WORK REQUEST
The lines wanted are those in the data below that include "seen".

RECORDED INFORMATION
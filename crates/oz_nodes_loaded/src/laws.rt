//! Disks that load.

ghost use Rattle.std.specs.Prelude.{◌≡◌, ℕ, List, false};
ghost use Rattle.oz_datanode.specs.declared.disks.NodeDisks.{NodeDisks};
ghost use Rattle.oz_nodes_loaded.specs.AllLoad.{AllLoad, is_of_bytes};
ghost use Rattle.oz_nodes_loaded.specs.Refused.{IsSo};
ghost use Rattle.oz_nodes_loaded.specs.declared.fault.StoreFault.{StoreFault};
ghost use Rattle.oz_world.specs.Disk.{seen};

use oz_block::a_disk_stands_for_one_node;
use oz_datanode::what_loads_is_not_damaged;
use oz_scm::a_disk_stands_for_one_thing;
use oz_world::Disk;

/// Where all disks tell bytes that stand for something, and the ids of their blocks are below the next one, no fault comes
/// but that a disk failed or memory ran out.
pub fn what_loads_is_not_refused<D: Disk>()
    ensures { (greatest : ℕ) (scm : D) (nodes : List (NodeDisks D)) (scm_left : D) (nodes_left : List (NodeDisks D))
        (fault : StoreFault) →
        let see = (λ (d : D). seen (D.told d) (D.clock d) (D.image d) (D.faults d)) in
        AllLoad see greatest scm nodes → IsSo see greatest scm nodes scm_left nodes_left fault →
        is_of_bytes fault ≡ false }
{
    a_disk_stands_for_one_thing();
    a_disk_stands_for_one_node();
    what_loads_is_not_damaged();
}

YOUR RESPONSE
ghost use Rattle.oz_world.specs.Disk.{seen};
        let see = (λ (d : D). seen (D.told d) (D.clock d) (D.image d) (D.faults d)) in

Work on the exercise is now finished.